Just curious and need advice. I went inactive with uber for a year or so... Bought a new car, and wanting to come back. Now they want an inspection? I get the theory, but my car is less then one year old... the closest place to go is 45 minutes away, and costs money. Of course safety is in mind... but I can't get a straight answer from CS... I JUST had an oil change from dealership which included an inspection. Do I really have to do the drive on my own dime, pay for it, just for them to say... hey.. your car just rolled off the lot.. you're good. Recommendations as to where to go? Obviously things change over time.. but sheesh. Advice please? I'm in the far west suburbs of Chicago.


----------



## Shad (Jul 9, 2014)

I just bought a new car 2 weeks ago. Still had to pay for the inspection. Wouldn't activate my car without it..


----------



## circle1 (Sep 17, 2016)

Put yourself in the operating exec's shoes . . . they have very strict legal obligations, not just to the various governments & Public, but also to the Venture Capital folks.


----------



## midwestuber05 (Oct 20, 2016)

circle1 said:


> Put yourself in the operating exec's shoes . . . they have very strict legal obligations, not just to the various governments & Public, but also to the Venture Capital folks.

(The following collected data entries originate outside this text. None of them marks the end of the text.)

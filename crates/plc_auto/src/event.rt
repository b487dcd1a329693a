// What an observer hears: calls and returns of reclaimer functions, and frees. A history is a list
// of events in the order in which they happened.
ghost use Rattle.std.specs.Prelude.{◌≡◌, Some, true};
ghost use Rattle.plc_auto.specs.Events.{kind_of, thread_of, address_of};
ghost use Rattle.plc_auto.specs.Laws.{retired_by};
ghost use Rattle.plc_auto.specs.Location.{is_this};
ghost use Rattle.plc_auto.specs.Locations.{is_named};

use plc_base::FuncId;

/// One thing that an observer hears.
#[derive(Clone, Copy)]
pub enum Event {
    /// Thread `t` calls `f`, with an address, with null (the number 0), or without a pointer.
    Call { t: u32, f: FuncId, a: Option<u32> },
    /// The call of `f` by thread `t` returns.
    Done { t: u32, f: FuncId },
    /// The reclaimer frees an address.
    Free { a: u32 },
}

/// An event without its thread and address.
#[derive(Clone, Copy, PartialEq, Eq)]
pub enum EvKind {
    Call(FuncId),
    Done(FuncId),
    Free,
}

impl Event {
    /// The event without its thread and address.
    pub fn kind(&self) -> EvKind
        ensures { result ≡ kind_of self.now }
    {
        match *self {
            Event::Call { t: _, f, a: _ } => EvKind::Call(f),
            Event::Done { t: _, f } => EvKind::Done(f),
            Event::Free { a: _ } => EvKind::Free,
        }
    }

    /// The thread of a call or a return.
    pub fn thread(&self) -> Option<u32>
        ensures { result ≡ thread_of self.now }
    {
        match *self {
            Event::Call { t, f: _, a: _ } => Some(t),
            Event::Done { t, f: _ } => Some(t),
            Event::Free { a: _ } => None,
        }
    }

    /// The address that the event names; null where it names none.
    pub fn address(&self) -> u32
        ensures { result ≡ address_of self.now }
    {
        match *self {
            Event::Call { t: _, f: _, a } => match a {
                None => 0,
                Some(a) => a,
            },
            Event::Done { t: _, f: _ } => 0,
            Event::Free { a } => a,
        }
    }
}

/// Whether the address that an event names is this one; none names null.
pub fn is_this(named: u32, a: u32) -> bool
    ensures { result ≡ is_this (Some named) a }
{
    named == a && named != 0
}

/// Whether an address is retired after an event that names it.
pub fn retired_by(e: &Event, a: u32, before: bool) -> bool
    requires { is_named e.now a ≡ true }
    ensures { result ≡ retired_by e.now a before }
{
    match e.kind() {
        EvKind::Call(f) => f.is_retire() || before,
        EvKind::Done(_) => before,
        EvKind::Free => false,
    }
}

No, I totally get it and agree, just asking about that I just got an inspection from dealership and would like to use that vs the hour and a half drive plus 20 plus fee for exactly what I just got. Was looking for advice, not personal opinions. I agree with you fully. If I were a rider, I'd like to know I was safe too.


----------



## Shad (Jul 9, 2014)

Take the form into the dealer and have them fill it out. As long as their service department is a certified mechanic, I think Uber will take it.


----------



## Docfate (Sep 23, 2016)

Bought a brand new car a week ago. Lyft had me do the inspection with less than 50 miles on it. Uber doesn't require inspection in my area.


----------



## midwestuber05 (Oct 20, 2016)

Shad said:


> Take the form into the dealer and have them fill it out. As long as their service department is a certified mechanic, I think Uber will take it.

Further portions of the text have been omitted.